Look through the listing and locate every line containing the word "dics"; copy those lines.

--- Recorded data Enclosed Below ---

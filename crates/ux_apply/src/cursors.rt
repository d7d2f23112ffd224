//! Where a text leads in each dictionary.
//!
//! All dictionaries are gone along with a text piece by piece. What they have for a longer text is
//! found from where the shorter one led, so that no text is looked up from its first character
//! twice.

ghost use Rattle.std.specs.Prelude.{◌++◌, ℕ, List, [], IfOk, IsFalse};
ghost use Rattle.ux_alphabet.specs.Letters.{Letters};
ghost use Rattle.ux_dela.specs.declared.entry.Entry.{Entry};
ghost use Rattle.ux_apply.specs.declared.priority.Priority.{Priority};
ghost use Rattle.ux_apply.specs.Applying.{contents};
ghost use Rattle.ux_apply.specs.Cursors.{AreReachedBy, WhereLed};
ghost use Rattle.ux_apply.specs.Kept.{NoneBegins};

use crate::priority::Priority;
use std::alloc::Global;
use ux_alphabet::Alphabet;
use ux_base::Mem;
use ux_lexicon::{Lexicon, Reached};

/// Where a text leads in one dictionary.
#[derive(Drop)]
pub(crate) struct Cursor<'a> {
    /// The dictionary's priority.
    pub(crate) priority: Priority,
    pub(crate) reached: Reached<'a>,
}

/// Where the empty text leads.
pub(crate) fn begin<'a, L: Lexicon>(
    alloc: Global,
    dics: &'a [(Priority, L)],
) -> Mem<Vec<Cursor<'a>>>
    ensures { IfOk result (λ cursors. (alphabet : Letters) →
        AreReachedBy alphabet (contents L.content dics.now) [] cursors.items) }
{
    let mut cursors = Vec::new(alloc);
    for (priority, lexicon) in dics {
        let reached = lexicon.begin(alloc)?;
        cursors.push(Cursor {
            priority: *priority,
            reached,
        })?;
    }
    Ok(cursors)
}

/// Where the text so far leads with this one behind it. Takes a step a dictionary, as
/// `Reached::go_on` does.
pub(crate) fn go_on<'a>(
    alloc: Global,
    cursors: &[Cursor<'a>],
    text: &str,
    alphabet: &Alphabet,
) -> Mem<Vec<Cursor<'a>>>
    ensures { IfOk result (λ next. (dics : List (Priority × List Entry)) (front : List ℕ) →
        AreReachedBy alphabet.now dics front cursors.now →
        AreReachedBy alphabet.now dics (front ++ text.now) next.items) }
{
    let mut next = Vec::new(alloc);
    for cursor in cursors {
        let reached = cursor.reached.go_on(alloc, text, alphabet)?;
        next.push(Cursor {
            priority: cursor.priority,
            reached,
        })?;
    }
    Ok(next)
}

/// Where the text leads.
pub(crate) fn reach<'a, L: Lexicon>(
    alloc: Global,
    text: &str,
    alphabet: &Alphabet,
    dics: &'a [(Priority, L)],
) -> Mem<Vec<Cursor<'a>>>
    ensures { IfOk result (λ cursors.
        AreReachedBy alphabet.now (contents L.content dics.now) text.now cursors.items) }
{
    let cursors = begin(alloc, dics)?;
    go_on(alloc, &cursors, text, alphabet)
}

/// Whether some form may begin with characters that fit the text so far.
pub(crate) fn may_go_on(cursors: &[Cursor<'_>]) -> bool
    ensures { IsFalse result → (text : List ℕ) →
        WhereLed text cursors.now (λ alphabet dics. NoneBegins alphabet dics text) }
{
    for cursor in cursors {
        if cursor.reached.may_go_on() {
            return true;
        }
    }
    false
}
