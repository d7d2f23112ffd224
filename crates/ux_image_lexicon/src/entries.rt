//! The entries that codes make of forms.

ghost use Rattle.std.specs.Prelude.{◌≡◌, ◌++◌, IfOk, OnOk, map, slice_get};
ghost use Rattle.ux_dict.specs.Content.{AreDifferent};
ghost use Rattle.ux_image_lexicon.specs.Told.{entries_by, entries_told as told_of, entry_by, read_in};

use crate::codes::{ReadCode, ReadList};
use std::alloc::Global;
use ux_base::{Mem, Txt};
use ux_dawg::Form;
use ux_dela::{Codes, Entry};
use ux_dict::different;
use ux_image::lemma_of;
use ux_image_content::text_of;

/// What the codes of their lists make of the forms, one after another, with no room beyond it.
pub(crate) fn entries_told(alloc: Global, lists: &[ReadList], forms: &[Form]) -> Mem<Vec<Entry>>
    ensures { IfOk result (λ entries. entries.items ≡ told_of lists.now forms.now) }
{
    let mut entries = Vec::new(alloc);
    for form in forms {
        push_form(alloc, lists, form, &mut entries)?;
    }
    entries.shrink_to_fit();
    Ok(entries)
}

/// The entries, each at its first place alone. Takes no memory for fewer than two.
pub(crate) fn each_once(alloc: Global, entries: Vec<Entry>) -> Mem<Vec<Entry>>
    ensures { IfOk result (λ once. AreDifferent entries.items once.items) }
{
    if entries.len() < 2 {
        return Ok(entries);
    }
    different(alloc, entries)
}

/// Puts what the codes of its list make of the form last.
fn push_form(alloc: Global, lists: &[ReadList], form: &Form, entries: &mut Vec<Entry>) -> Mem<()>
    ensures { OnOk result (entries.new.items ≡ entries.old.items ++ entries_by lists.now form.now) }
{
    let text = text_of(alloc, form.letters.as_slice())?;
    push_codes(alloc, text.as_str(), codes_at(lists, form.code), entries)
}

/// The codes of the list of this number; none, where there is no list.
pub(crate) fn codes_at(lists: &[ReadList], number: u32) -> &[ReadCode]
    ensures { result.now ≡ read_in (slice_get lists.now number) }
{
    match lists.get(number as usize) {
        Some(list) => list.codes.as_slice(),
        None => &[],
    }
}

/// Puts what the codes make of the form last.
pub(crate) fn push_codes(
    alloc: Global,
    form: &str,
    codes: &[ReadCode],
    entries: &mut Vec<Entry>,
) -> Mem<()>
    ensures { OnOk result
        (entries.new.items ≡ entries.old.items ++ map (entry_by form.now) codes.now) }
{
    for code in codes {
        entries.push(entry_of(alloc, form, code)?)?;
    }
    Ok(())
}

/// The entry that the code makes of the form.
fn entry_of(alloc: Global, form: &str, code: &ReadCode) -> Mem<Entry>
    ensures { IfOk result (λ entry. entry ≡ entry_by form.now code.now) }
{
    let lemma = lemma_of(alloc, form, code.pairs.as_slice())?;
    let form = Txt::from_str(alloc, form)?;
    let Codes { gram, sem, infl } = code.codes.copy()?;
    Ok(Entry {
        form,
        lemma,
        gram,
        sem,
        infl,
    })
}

--- End of Enclosed Recorded data ---

Response for this exercise:
    dics: &'a [(Priority, L)],
        AreReachedBy alphabet (contents L.content dics.now) [] cursors.items) }
    for (priority, lexicon) in dics {
    ensures { IfOk result (λ next. (dics : List (Priority × List Entry)) (front : List ℕ) →
        AreReachedBy alphabet.now dics front cursors.now →
        AreReachedBy alphabet.now dics (front ++ text.now) next.items) }
    dics: &'a [(Priority, L)],
        AreReachedBy alphabet.now (contents L.content dics.now) text.now cursors.items) }
    let cursors = begin(alloc, dics)?;
        WhereLed text cursors.now (λ alphabet dics. NoneBegins alphabet dics text) }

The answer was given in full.